◆ Task instructions
Every line holding the string "holds" is to be copied from the entries below.
================
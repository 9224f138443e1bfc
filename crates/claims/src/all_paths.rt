//! The laws of all paths together, and of the list of agreed values.
ghost use Rattle.std.specs.Prelude.{
  ◌≡◌,
  ◌++◌,
  ℕ,
  Bool,
  List,
  [],
  ◌∷◌,
  Option,
  Some,
  length,
  slice_get,
};
ghost use Rattle.claims.specs.Quorums.{AreQuorums, Quorums, is_majority};
ghost use Rattle.claims.specs.Member.{facts_of, restored};
ghost use Rattle.claims.specs.Messages.{Agreed};
ghost use Rattle.claims.specs.Votes.{Ballot, Has};
ghost use Rattle.claims.specs.World.{IsLawfulWorld, WasProposed};
ghost use Rattle.claims.specs.Agreed.{IsAgreed, IsValue};
ghost use Rattle.claims.specs.Claims.{AtMost};
ghost use Rattle.claims.specs.AgreedList.{
  Act,
  Cluster,
  Entry,
  IsAllowed,
  IsMonotone,
  Lengthens,
  Needs,
  WasBuilt,
  after_acts,
  beginning,
  held_by,
  lookup,
};
ghost use Rattle.claims.specs.Nodes.{Happening, Matches, Node, after_all};
ghost use Rattle.claims.specs.Examples.{alone, one_and_zero, too_early, zero_first};

/// Many paths, members with at most one open claim over all paths, and values that may be built
/// only on what their builder holds. At every point there is one list, which only grows, with at
/// most one entry for each path. Each entry was built when everything that it needs was in the
/// list, and comes after that. What a member holds is in the list. The votes for each path stay
/// lawful. For each path, a member's facts are those that its notes restore.
pub fn agrees_on_one_list<V>()
    ensures grows { (enough : Quorums) (may : Needs V) (early late : List (Act V))
        → Lengthens
        (after_acts enough may early beginning).list
        (after_acts enough may (early ++ late) beginning).list }
    ensures allowed { (enough : Quorums) (may : Needs V)
        → AreQuorums enough
        → IsMonotone may
        → (acts : List (Act V))
        → IsAllowed may (after_acts enough may acts beginning).list }
    ensures held { (enough : Quorums) (may : Needs V)
        → AreQuorums enough
        → IsMonotone may
        → (acts : List (Act V)) (i p : ℕ) (v : V)
        → held_by (after_acts enough may acts beginning) i p ≡ Some v
        → lookup (after_acts enough may acts beginning).list p ≡ Some v }
    ensures value { (enough : Quorums) (may : Needs V)
        → AreQuorums enough
        → IsMonotone may
        → (acts : List (Act V)) (p : ℕ)
        → let c = after_acts enough may acts beginning in
        IsValue enough (c.at p) (lookup c.list p) }
    ensures built { (enough : Quorums) (may : Needs V)
        → AreQuorums enough
        → IsMonotone may
        → (acts : List (Act V)) (p : ℕ) (v : V)
        → lookup (after_acts enough may acts beginning).list p ≡ Some v
        → WasBuilt enough may acts beginning p v }
    ensures proposed { (enough : Quorums) (may : Needs V)
        → AreQuorums enough
        → IsMonotone may
        → (acts : List (Act V)) (p : ℕ) (b : Ballot V)
        → WasProposed ((after_acts enough may acts beginning).at p) b
        → WasBuilt enough may acts beginning p b.value }
    ensures told { (enough : Quorums) (may : Needs V)
        → AreQuorums enough
        → IsMonotone may
        → (acts : List (Act V)) (p : ℕ) (v : V)
        → Has ((after_acts enough may acts beginning).at p).sent (Agreed v)
        → lookup (after_acts enough may acts beginning).list p ≡ Some v }
    ensures repeats { (enough : Quorums) (may : Needs V)
        → AreQuorums enough
        → IsMonotone may
        → (acts : List (Act V)) (p : ℕ) (b d : Ballot V)
        → IsAgreed enough ((after_acts enough may acts beginning).at p) b
        → WasProposed ((after_acts enough may acts beginning).at p) d
        → AtMost b.claim d.claim
        → d.value ≡ b.value }
    ensures lawful { (enough : Quorums) (may : Needs V)
        → AreQuorums enough
        → IsMonotone may
        → (acts : List (Act V)) (p : ℕ)
        → IsLawfulWorld enough ((after_acts enough may acts beginning).at p) }
    ensures restored { (enough : Quorums) (may : Needs V) (acts : List (Act V)) (p i : ℕ)
        → facts_of (((after_acts enough may acts beginning).at p).members i)
        ≡ restored (((after_acts enough may acts beginning).at p).logs i) }
{}

/// These laws for nodes, one for each weight, that keep facts for all paths and one open claim, and
/// for datagrams that name their path. Whatever happens to the nodes, for each path they are what
/// members are after some acts.
pub fn nodes_have_one_list<V>()
    ensures grows { (weights : List ℕ) (may : Needs V)
        → IsMonotone may
        → (early late : List (Happening V))
        → Lengthens
        (after_all weights may early).list
        (after_all weights may (early ++ late)).list }
    ensures allowed { (weights : List ℕ) (may : Needs V)
        → IsMonotone may
        → (happenings : List (Happening V))
        → IsAllowed may (after_all weights may happenings).list }
    ensures held { (weights : List ℕ) (may : Needs V)
        → IsMonotone may
        → (happenings : List (Happening V)) (i p : ℕ) (node : Node V) (v : V)
        → slice_get (after_all weights may happenings).nodes i ≡ Some node
        → (node.facts p).held ≡ Some v
        → lookup (after_all weights may happenings).list p ≡ Some v }
    ensures alike { (weights : List ℕ) (may : Needs V)
        → IsMonotone may
        → (happenings : List (Happening V))
        → (acts : List (Act V))
        × Matches V
        (after_all weights may happenings)
        (after_acts (is_majority weights) may acts beginning) }
{}

/// A single node agrees on path 0, and then on path 1, which needs path 0; but not on path 1 first.
pub fn node_does_agree()
    ensures both { (after_all (1 ∷ []) zero_first alone).list ≡ one_and_zero }
    ensures refused { (after_all (1 ∷ []) zero_first too_early).list ≡ [] }
{}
================
◆ Answer for the task
/// only on what their builder holds. At every point there is one list, which only grows, with at
/// list, and comes after that. What a member holds is in the list. The votes for each path stay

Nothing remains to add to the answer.